[Data records]
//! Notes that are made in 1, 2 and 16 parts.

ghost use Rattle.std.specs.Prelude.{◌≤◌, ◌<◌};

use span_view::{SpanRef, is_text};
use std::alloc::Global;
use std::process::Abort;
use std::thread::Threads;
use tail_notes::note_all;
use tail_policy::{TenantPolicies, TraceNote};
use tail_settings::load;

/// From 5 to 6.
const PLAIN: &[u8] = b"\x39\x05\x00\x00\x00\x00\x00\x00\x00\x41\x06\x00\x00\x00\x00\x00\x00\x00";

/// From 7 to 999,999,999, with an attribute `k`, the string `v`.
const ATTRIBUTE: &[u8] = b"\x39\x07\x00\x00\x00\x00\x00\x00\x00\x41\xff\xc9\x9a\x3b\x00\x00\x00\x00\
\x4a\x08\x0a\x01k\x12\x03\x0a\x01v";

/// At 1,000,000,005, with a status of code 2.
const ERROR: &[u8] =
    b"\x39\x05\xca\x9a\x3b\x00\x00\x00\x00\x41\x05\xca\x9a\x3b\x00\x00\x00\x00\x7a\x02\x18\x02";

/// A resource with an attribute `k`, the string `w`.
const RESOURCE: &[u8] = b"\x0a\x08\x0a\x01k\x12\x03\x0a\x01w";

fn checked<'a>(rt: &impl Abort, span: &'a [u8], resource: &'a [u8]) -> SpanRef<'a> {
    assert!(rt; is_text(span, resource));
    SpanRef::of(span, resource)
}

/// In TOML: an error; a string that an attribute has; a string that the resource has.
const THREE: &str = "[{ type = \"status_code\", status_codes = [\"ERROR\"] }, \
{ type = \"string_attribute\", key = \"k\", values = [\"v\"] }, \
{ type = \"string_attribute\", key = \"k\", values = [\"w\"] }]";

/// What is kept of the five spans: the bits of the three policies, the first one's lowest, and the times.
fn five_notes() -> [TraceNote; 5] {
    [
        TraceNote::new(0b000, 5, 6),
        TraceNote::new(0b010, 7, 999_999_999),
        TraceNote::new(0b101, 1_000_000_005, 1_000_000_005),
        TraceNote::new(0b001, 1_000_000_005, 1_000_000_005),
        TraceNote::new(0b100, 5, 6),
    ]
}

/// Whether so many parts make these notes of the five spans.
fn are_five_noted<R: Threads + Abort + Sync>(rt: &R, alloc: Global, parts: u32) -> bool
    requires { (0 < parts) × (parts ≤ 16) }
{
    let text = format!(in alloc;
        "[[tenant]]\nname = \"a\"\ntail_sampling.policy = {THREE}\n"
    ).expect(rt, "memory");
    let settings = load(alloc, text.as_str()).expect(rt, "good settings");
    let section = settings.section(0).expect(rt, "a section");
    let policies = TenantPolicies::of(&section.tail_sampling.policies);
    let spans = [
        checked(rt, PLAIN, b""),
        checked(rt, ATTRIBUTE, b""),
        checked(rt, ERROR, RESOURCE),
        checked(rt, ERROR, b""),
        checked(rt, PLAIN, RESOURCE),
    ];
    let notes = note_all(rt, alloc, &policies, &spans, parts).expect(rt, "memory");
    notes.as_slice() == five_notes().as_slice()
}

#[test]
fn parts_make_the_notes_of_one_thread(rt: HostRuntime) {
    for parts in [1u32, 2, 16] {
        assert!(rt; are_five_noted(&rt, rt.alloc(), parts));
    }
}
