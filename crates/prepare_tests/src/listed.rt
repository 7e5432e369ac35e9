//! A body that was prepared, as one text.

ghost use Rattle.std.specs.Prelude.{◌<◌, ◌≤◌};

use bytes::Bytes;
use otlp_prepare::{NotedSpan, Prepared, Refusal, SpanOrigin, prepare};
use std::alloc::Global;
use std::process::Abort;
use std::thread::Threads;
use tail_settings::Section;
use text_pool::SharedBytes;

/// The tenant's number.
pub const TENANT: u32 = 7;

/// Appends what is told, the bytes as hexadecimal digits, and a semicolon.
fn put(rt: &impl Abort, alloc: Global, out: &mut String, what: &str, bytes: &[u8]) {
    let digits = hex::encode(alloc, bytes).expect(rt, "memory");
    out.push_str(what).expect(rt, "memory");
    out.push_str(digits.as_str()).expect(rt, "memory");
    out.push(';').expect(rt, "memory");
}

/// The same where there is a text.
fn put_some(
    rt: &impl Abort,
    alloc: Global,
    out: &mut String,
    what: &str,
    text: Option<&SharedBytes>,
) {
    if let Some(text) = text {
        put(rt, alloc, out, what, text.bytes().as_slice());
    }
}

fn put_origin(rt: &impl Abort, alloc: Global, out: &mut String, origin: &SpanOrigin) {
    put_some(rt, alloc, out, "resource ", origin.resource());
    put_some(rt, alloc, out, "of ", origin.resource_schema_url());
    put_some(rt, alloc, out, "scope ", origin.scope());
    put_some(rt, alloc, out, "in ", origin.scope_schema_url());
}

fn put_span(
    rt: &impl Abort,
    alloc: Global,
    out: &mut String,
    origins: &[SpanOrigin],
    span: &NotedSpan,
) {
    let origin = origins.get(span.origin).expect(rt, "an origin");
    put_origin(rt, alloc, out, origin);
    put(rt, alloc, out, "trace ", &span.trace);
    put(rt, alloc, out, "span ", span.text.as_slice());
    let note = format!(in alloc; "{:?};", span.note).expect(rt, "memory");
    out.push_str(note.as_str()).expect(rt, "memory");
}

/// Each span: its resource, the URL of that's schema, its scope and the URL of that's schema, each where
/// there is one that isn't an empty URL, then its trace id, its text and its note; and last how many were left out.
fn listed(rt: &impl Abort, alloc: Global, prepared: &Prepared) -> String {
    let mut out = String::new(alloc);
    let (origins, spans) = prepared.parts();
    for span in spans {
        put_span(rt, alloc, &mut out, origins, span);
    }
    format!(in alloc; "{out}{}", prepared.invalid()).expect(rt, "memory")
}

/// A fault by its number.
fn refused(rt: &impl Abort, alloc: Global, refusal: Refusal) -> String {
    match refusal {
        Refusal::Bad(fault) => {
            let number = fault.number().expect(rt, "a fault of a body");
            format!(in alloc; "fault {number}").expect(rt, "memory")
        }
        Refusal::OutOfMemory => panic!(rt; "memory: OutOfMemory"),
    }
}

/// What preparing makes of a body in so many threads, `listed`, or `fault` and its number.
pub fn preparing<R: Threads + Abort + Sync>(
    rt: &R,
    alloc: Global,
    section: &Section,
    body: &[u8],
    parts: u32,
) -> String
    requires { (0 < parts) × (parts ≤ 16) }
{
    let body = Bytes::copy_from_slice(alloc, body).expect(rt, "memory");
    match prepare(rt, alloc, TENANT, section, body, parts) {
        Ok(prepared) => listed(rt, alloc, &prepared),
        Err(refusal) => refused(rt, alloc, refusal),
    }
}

Problem =
Write the entries above out again, verbatim.

Completed exercise =
//! Notes that are made in 1, 2 and 16 parts.

ghost use Rattle.std.specs.Prelude.{◌≤◌, ◌<◌};

use span_view::{SpanRef, is_text};
use std::alloc::Global;
use std::process::Abort;
use std::thread::Threads;
use tail_notes::note_all;
use tail_policy::{TenantPolicies, TraceNote};
use tail_settings::load;

/// From 5 to 6.
const PLAIN: &[u8] = b"\x39\x05\x00\x00\x00\x00\x00\x00\x00\x41\x06\x00\x00\x00\x00\x00\x00\x00";

/// From 7 to 999,999,999, with an attribute `k`, the string `v`.
const ATTRIBUTE: &[u8] = b"\x39\x07\x00\x00\x00\x00\x00\x00\x00\x41\xff\xc9\x9a\x3b\x00\x00\x00\x00\
\x4a\x08\x0a\x01k\x12\x03\x0a\x01v";

/// At 1,000,000,005, with a status of code 2.
const ERROR: &[u8] =
    b"\x39\x05\xca\x9a\x3b\x00\x00\x00\x00\x41\x05\xca\x9a\x3b\x00\x00\x00\x00\x7a\x02\x18\x02";

/// A resource with an attribute `k`, the string `w`.
const RESOURCE: &[u8] = b"\x0a\x08\x0a\x01k\x12\x03\x0a\x01w";

fn checked<'a>(rt: &impl Abort, span: &'a [u8], resource: &'a [u8]) -> SpanRef<'a> {
    assert!(rt; is_text(span, resource));
    SpanRef::of(span, resource)
}

/// In TOML: an error; a string that an attribute has; a string that the resource has.
const THREE: &str = "[{ type = \"status_code\", status_codes = [\"ERROR\"] }, \
{ type = \"string_attribute\", key = \"k\", values = [\"v\"] }, \
{ type = \"string_attribute\", key = \"k\", values = [\"w\"] }]";

/// What is kept of the five spans: the bits of the three policies, the first one's lowest, and the times.
fn five_notes() -> [TraceNote; 5] {
    [
        TraceNote::new(0b000, 5, 6),
        TraceNote::new(0b010, 7, 999_999_999),
        TraceNote::new(0b101, 1_000_000_005, 1_000_000_005),
        TraceNote::new(0b001, 1_000_000_005, 1_000_000_005),
        TraceNote::new(0b100, 5, 6),
    ]
}

/// Whether so many parts make these notes of the five spans.
fn are_five_noted<R: Threads + Abort + Sync>(rt: &R, alloc: Global, parts: u32) -> bool
    requires { (0 < parts) × (parts ≤ 16) }
{
    let text = format!(in alloc;
        "[[tenant]]\nname = \"a\"\ntail_sampling.policy = {THREE}\n"
    ).expect(rt, "memory");
    let settings = load(alloc, text.as_str()).expect(rt, "good settings");
    let section = settings.section(0).expect(rt, "a section");
    let policies = TenantPolicies::of(&section.tail_sampling.policies);
    let spans = [
        checked(rt, PLAIN, b""),
        checked(rt, ATTRIBUTE, b""),
        checked(rt, ERROR, RESOURCE),
        checked(rt, ERROR, b""),
        checked(rt, PLAIN, RESOURCE),
    ];
    let notes = note_all(rt, alloc, &policies, &spans, parts).expect(rt, "memory");
    notes.as_slice() == five_notes().as_slice()
}

#[test]
fn parts_make_the_notes_of_one_thread(rt: HostRuntime) {
    for parts in [1u32, 2, 16] {
        assert!(rt; are_five_noted(&rt, rt.alloc(), parts));
    }
}
filename crates/prepare_tests/src/listed.rt
repository 7e5432e369ac35e9
//! A body that was prepared, as one text.

ghost use Rattle.std.specs.Prelude.{◌<◌, ◌≤◌};

use bytes::Bytes;
use otlp_prepare::{NotedSpan, Prepared, Refusal, SpanOrigin, prepare};
use std::alloc::Global;
use std::process::Abort;
use std::thread::Threads;
use tail_settings::Section;
use text_pool::SharedBytes;

/// The tenant's number.
pub const TENANT: u32 = 7;

/// Appends what is told, the bytes as hexadecimal digits, and a semicolon.
fn put(rt: &impl Abort, alloc: Global, out: &mut String, what: &str, bytes: &[u8]) {
    let digits = hex::encode(alloc, bytes).expect(rt, "memory");
    out.push_str(what).expect(rt, "memory");
    out.push_str(digits.as_str()).expect(rt, "memory");
    out.push(';').expect(rt, "memory");
}

/// The same where there is a text.
fn put_some(
    rt: &impl Abort,
    alloc: Global,
    out: &mut String,
    what: &str,
    text: Option<&SharedBytes>,
) {
    if let Some(text) = text {
        put(rt, alloc, out, what, text.bytes().as_slice());
    }
}

fn put_origin(rt: &impl Abort, alloc: Global, out: &mut String, origin: &SpanOrigin) {
    put_some(rt, alloc, out, "resource ", origin.resource());
    put_some(rt, alloc, out, "of ", origin.resource_schema_url());
    put_some(rt, alloc, out, "scope ", origin.scope());
    put_some(rt, alloc, out, "in ", origin.scope_schema_url());
}

fn put_span(
    rt: &impl Abort,
    alloc: Global,
    out: &mut String,
    origins: &[SpanOrigin],
    span: &NotedSpan,
) {
    let origin = origins.get(span.origin).expect(rt, "an origin");
    put_origin(rt, alloc, out, origin);
    put(rt, alloc, out, "trace ", &span.trace);
    put(rt, alloc, out, "span ", span.text.as_slice());
    let note = format!(in alloc; "{:?};", span.note).expect(rt, "memory");
    out.push_str(note.as_str()).expect(rt, "memory");
}

/// Each span: its resource, the URL of that's schema, its scope and the URL of that's schema, each where
/// there is one that isn't an empty URL, then its trace id, its text and its note; and last how many were left out.
fn listed(rt: &impl Abort, alloc: Global, prepared: &Prepared) -> String {
    let mut out = String::new(alloc);
    let (origins, spans) = prepared.parts();
    for span in spans {
        put_span(rt, alloc, &mut out, origins, span);
    }
    format!(in alloc; "{out}{}", prepared.invalid()).expect(rt, "memory")
}

/// A fault by its number.
fn refused(rt: &impl Abort, alloc: Global, refusal: Refusal) -> String {
    match refusal {
        Refusal::Bad(fault) => {
            let number = fault.number().expect(rt, "a fault of a body");
            format!(in alloc; "fault {number}").expect(rt, "memory")
        }
        Refusal::OutOfMemory => panic!(rt; "memory: OutOfMemory"),
    }
}

/// What preparing makes of a body in so many threads, `listed`, or `fault` and its number.
pub fn preparing<R: Threads + Abort + Sync>(
    rt: &R,
    alloc: Global,
    section: &Section,
    body: &[u8],
    parts: u32,
) -> String
    requires { (0 < parts) × (parts ≤ 16) }
{
    let body = Bytes::copy_from_slice(alloc, body).expect(rt, "memory");
    match prepare(rt, alloc, TENANT, section, body, parts) {
        Ok(prepared) => listed(rt, alloc, &prepared),
        Err(refusal) => refused(rt, alloc, refusal),
    }
}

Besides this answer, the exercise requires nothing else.